_Exercise aim:_ Print out every entry that follows, exactly as written.

+ + + +

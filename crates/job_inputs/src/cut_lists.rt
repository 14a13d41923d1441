//! The cuts of a list.

ghost use Rattle.std.specs.Prelude.{◌≡◌, ◌≤◌, length, map, IfOk, IfErr, OnOk};
ghost use Rattle.ar_base.specs.Counts.{limit_of};
ghost use Rattle.ar_base.specs.declared.counts.Count.TheVariants.{ScriptBytes};
ghost use Rattle.gts_flatten.specs.Elaborating.{Elaborated};
ghost use Rattle.job_inputs.specs.CutLines.{is_comma, texts_in, trimmed};
ghost use Rattle.job_inputs.specs.Chains.{cut_of, HaveKnownWays, AnswersCuts};
ghost use Rattle.job_inputs.specs.CutReads.{AddsCuts, IsBadCutLine, AnswersLabels};
ghost use Rattle.job_inputs.specs.Flat.{IsOfTree};
ghost use Rattle.job_inputs.specs.Lines.{pieces};

use crate::cut_lines::{ListLine, list_line, trimmed};
use crate::cutting::first_piece;
use crate::faults::ScriptFault;
use crate::lines::first_line;
use crate::script_labels::way_named;
use ar_base::WayId;
use gts_core::{Chain, Gts};
use hierarchy::Tree;
use std::alloc::Global;

/// The cut lines of a list on the flat system of a tree, in order, each with its number and the ways of its labels; or the
/// first bad line: Line where it is no cut, and otherwise by its first bad label Which or Unknown, as in a script. Lines are
/// trimmed and skipped as those of a script; so are those that begin with `count`. Lines count from 1.
pub fn read_cuts(
    alloc: Global,
    tree: &Tree,
    gts: &Gts,
    text: &[u8],
) -> Result<Vec<Chain>, ScriptFault>
    requires tree { (x : Elaborated) × IsOfTree x tree.now gts.now }
    requires short { length text.now ≤ limit_of ScriptBytes }
    ensures cuts { (x : Elaborated) → IsOfTree x tree.now gts.now
        → AnswersCuts x gts.now text.now result }
    ensures known { IfOk result (λ chains. HaveKnownWays gts.now chains.items) }
{
    let mut chains = Vec::new(alloc);
    let mut rest = Some(text);
    let mut number = 1u32;
    while let Some(bytes) = rest {
        let (line, after) = first_line(bytes);
        add_cut(alloc, &mut chains, tree, gts, line, number)?;
        rest = after;
        number += 1;
    }
    Ok(chains)
}

// Adds the cut of the line of this number, if it has one.
fn add_cut(
    alloc: Global,
    chains: &mut Vec<Chain>,
    tree: &Tree,
    gts: &Gts,
    line: &[u8],
    number: u32,
) -> Result<(), ScriptFault>
    requires { (x : Elaborated) × IsOfTree x tree.now gts.now }
    ensures added { (x : Elaborated) → IsOfTree x tree.now gts.now
        → OnOk result (AddsCuts x line.now number (map (cut_of gts.now) chains.old.items)
        (map (cut_of gts.now) chains.new.items)) }
    ensures known { (x : Elaborated) → IsOfTree x tree.now gts.now
        → HaveKnownWays gts.now chains.old.items
        → OnOk result (HaveKnownWays gts.now chains.new.items) }
    ensures bad { (x : Elaborated) → IsOfTree x tree.now gts.now
        → IfErr result (λ fault. IsBadCutLine x line.now number fault) }
{
    let inner = match list_line(line) {
        ListLine::Passed => return Ok(()),
        ListLine::NoCut => return Err(ScriptFault::Line(number)),
        ListLine::Labels(inner) => inner,
    };
    let ways = ways_of(alloc, tree, gts, inner, number)?;
    chains.push(Chain { line: number, ways })?;
    Ok(())
}

// The ways of the labels between commas, or none where nothing stands there.
fn ways_of(
    alloc: Global,
    tree: &Tree,
    gts: &Gts,
    inner: &[u8],
    line: u32,
) -> Result<Vec<WayId>, ScriptFault>
    requires { (x : Elaborated) × IsOfTree x tree.now gts.now }
    ensures { (x : Elaborated) → IsOfTree x tree.now gts.now
        → AnswersLabels x gts.now (texts_in inner.now) line result }
{
    if trimmed(inner).is_empty() {
        return Ok(Vec::new(alloc));
    }
    ways_between(alloc, tree, gts, inner, line)
}

// The ways of the labels between commas.
fn ways_between(
    alloc: Global,
    tree: &Tree,
    gts: &Gts,
    inner: &[u8],
    line: u32,
) -> Result<Vec<WayId>, ScriptFault>
    requires { (x : Elaborated) × IsOfTree x tree.now gts.now }
    ensures { (x : Elaborated) → IsOfTree x tree.now gts.now
        → AnswersLabels x gts.now (map trimmed (pieces is_comma inner.now)) line result }
{
    let mut ways = Vec::new(alloc);
    let mut rest = Some(inner);
    while let Some(bytes) = rest {
        let (piece, after) = first_piece(bytes, b',');
        let way = way_named(alloc, tree, gts, trimmed(piece), line)?;
        ways.push(way)?;
        rest = after;
    }
    Ok(ways)
}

+ + + +

_Response to this exercise:_
filename crates/job_inputs/src/cut_lists.rt
repository 14a13d41923d1441
//! The cuts of a list.

ghost use Rattle.std.specs.Prelude.{◌≡◌, ◌≤◌, length, map, IfOk, IfErr, OnOk};
ghost use Rattle.ar_base.specs.Counts.{limit_of};
ghost use Rattle.ar_base.specs.declared.counts.Count.TheVariants.{ScriptBytes};
ghost use Rattle.gts_flatten.specs.Elaborating.{Elaborated};
ghost use Rattle.job_inputs.specs.CutLines.{is_comma, texts_in, trimmed};
ghost use Rattle.job_inputs.specs.Chains.{cut_of, HaveKnownWays, AnswersCuts};
ghost use Rattle.job_inputs.specs.CutReads.{AddsCuts, IsBadCutLine, AnswersLabels};
ghost use Rattle.job_inputs.specs.Flat.{IsOfTree};
ghost use Rattle.job_inputs.specs.Lines.{pieces};

use crate::cut_lines::{ListLine, list_line, trimmed};
use crate::cutting::first_piece;
use crate::faults::ScriptFault;
use crate::lines::first_line;
use crate::script_labels::way_named;
use ar_base::WayId;
use gts_core::{Chain, Gts};
use hierarchy::Tree;
use std::alloc::Global;

/// The cut lines of a list on the flat system of a tree, in order, each with its number and the ways of its labels; or the
/// first bad line: Line where it is no cut, and otherwise by its first bad label Which or Unknown, as in a script. Lines are
/// trimmed and skipped as those of a script; so are those that begin with `count`. Lines count from 1.
pub fn read_cuts(
    alloc: Global,
    tree: &Tree,
    gts: &Gts,
    text: &[u8],
) -> Result<Vec<Chain>, ScriptFault>
    requires tree { (x : Elaborated) × IsOfTree x tree.now gts.now }
    requires short { length text.now ≤ limit_of ScriptBytes }
    ensures cuts { (x : Elaborated) → IsOfTree x tree.now gts.now
        → AnswersCuts x gts.now text.now result }
    ensures known { IfOk result (λ chains. HaveKnownWays gts.now chains.items) }
{
    let mut chains = Vec::new(alloc);
    let mut rest = Some(text);
    let mut number = 1u32;
    while let Some(bytes) = rest {
        let (line, after) = first_line(bytes);
        add_cut(alloc, &mut chains, tree, gts, line, number)?;
        rest = after;
        number += 1;
    }
    Ok(chains)
}

// Adds the cut of the line of this number, if it has one.
fn add_cut(
    alloc: Global,
    chains: &mut Vec<Chain>,
    tree: &Tree,
    gts: &Gts,
    line: &[u8],
    number: u32,
) -> Result<(), ScriptFault>
    requires { (x : Elaborated) × IsOfTree x tree.now gts.now }
    ensures added { (x : Elaborated) → IsOfTree x tree.now gts.now
        → OnOk result (AddsCuts x line.now number (map (cut_of gts.now) chains.old.items)
        (map (cut_of gts.now) chains.new.items)) }
    ensures known { (x : Elaborated) → IsOfTree x tree.now gts.now
        → HaveKnownWays gts.now chains.old.items
        → OnOk result (HaveKnownWays gts.now chains.new.items) }
    ensures bad { (x : Elaborated) → IsOfTree x tree.now gts.now
        → IfErr result (λ fault. IsBadCutLine x line.now number fault) }
{
    let inner = match list_line(line) {
        ListLine::Passed => return Ok(()),
        ListLine::NoCut => return Err(ScriptFault::Line(number)),
        ListLine::Labels(inner) => inner,
    };
    let ways = ways_of(alloc, tree, gts, inner, number)?;
    chains.push(Chain { line: number, ways })?;
    Ok(())
}

// The ways of the labels between commas, or none where nothing stands there.
fn ways_of(
    alloc: Global,
    tree: &Tree,
    gts: &Gts,
    inner: &[u8],
    line: u32,
) -> Result<Vec<WayId>, ScriptFault>
    requires { (x : Elaborated) × IsOfTree x tree.now gts.now }
    ensures { (x : Elaborated) → IsOfTree x tree.now gts.now
        → AnswersLabels x gts.now (texts_in inner.now) line result }
{
    if trimmed(inner).is_empty() {
        return Ok(Vec::new(alloc));
    }
    ways_between(alloc, tree, gts, inner, line)
}

// The ways of the labels between commas.
fn ways_between(
    alloc: Global,
    tree: &Tree,
    gts: &Gts,
    inner: &[u8],
    line: u32,
) -> Result<Vec<WayId>, ScriptFault>
    requires { (x : Elaborated) × IsOfTree x tree.now gts.now }
    ensures { (x : Elaborated) → IsOfTree x tree.now gts.now
        → AnswersLabels x gts.now (map trimmed (pieces is_comma inner.now)) line result }
{
    let mut ways = Vec::new(alloc);
    let mut rest = Some(inner);
    while let Some(bytes) = rest {
        let (piece, after) = first_piece(bytes, b',');
        let way = way_named(alloc, tree, gts, trimmed(piece), line)?;
        ways.push(way)?;
        rest = after;
    }
    Ok(ways)
}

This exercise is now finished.